You need to be part mechanic, part electrician and part plumber to be able to fix all the stuff that gets broken along the way, and then also to be able to project manage, oversee people, and sell. Oh, and you need to be able to drive a forklift.
Skills, however, are not enough. Good wine takes time, hard work, money... and just enough love for what you're doing so that you aren’t overwhelmed daily by it all.
A Fitting Character
Mike De Iuliis, winemaker and owner of the Hunter Valley's De Iuliis Wines, clearly loves what he does. His happy, cheeky demeanour sees him well-liked by his local peers and the broader wine community. He’s got a good palate and gives his time regularly to the Australian wine judging circuit. His wine trophies would take a few pages to list, he has been awarded Hunter’s Winemaker of the Year, and his cellar door was recently voted best in the region.

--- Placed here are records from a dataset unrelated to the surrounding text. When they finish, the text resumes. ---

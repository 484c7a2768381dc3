//! The runtime: maps, programs and runs, as one value that answers events one after another.
//!
//! Its answers are those of the abstract machine whose elements are never used again. No run of it is ever
//! stuck, each has exited after at most as many of its own steps as its program has instructions, and an element
//! is reclaimed only when each section that was open at its unlinking has ended.
#![tactic(auto)]

mod address;
mod apply;
mod asking;
mod binding;
mod calling;
mod element;
mod fault;
mod kept;
mod loading;
mod run_all;
mod section;
mod serving;
pub mod serving_laws;
mod stretch;
mod through;
mod world;

pub use fault::WorldFault;
pub use kept::Loaded;
pub use machine::Walk;
pub use stretch::Stop;
pub use world::World;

If you have been to the De Iuliis winery and cellar door, snuggled into the base of the Brokenback Range on Broke Road, you would know that it’s rare not to see him wearing a grin, making self-effacing jokes about himself or telling a humorous tale.
Yet, despite the projection of a casual and carefree knock-about bloke, Mike’s wines are very good, and when you taste his wares it’s clear he takes what he does very seriously. His wines are detailed and nuanced, and if you look at them over time you can see that there is thought and focus in them that extends beyond the challenges of each vintage.
But it almost didn’t happen, despite wine being part of his Italian heritage; Mike had no specific plans to make wine.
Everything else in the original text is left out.